● Task statement
A single number is the answer: the count of lines below that contain "hash".

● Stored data
::::

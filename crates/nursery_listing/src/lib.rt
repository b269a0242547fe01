// The listing of a nursery: its entries by ascending hash.
#![tactic(auto)]

ghost use Rattle.std.specs.Prelude.{◌≡◌, true};
ghost use Rattle.base.specs.Output.{as_wrote, effect};
ghost use Rattle.cell_nursery.specs.Layout.{holds_entries, holds_cells};
ghost use Rattle.cell_nursery.specs.Calls.{listing_call};

use base::Refusal;
use cell_nursery::Nursery;
use nursery_checks::{holds_cells, holds_entries};

// The listing, where the record and the tables hold a state: for callers that own their tables. Its length follows from the
// record, and is compared by parts, so that no product overflows.
pub fn snapshot_entries_held(
    r: Nursery,
    es: &[u64],
    cs: &[u8],
    out: &mut [u8],
) -> Result<usize, Refusal>
    requires { (holds_entries r es.now ≡ true) × (holds_cells r cs.now ≡ true) }
    ensures { effect (as_wrote result) out.new ≡ listing_call r es.now cs.now out.old }
{
    let n = r.entries;
    let bytes = r.cell_bytes;
    if out.len() / 46 < n || out.len() - n * 46 < bytes {
        return Err(Refusal::OutputFull);
    }
    listing_rows::write_listing(r, es, cs, out);
    Ok(n * 46 + bytes)
}

// The listing of the entries, by ascending hash.
pub fn snapshot_entries(r: Nursery, es: &[u64], cs: &[u8], out: &mut [u8]) -> Result<usize, Refusal>
    ensures { effect (as_wrote result) out.new ≡ listing_call r es.now cs.now out.old }
{
    if !holds_entries(r, es) || !holds_cells(r, cs) {
        return Err(Refusal::Broken);
    }
    snapshot_entries_held(r, es, cs, out)
}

::::

● Solution below
2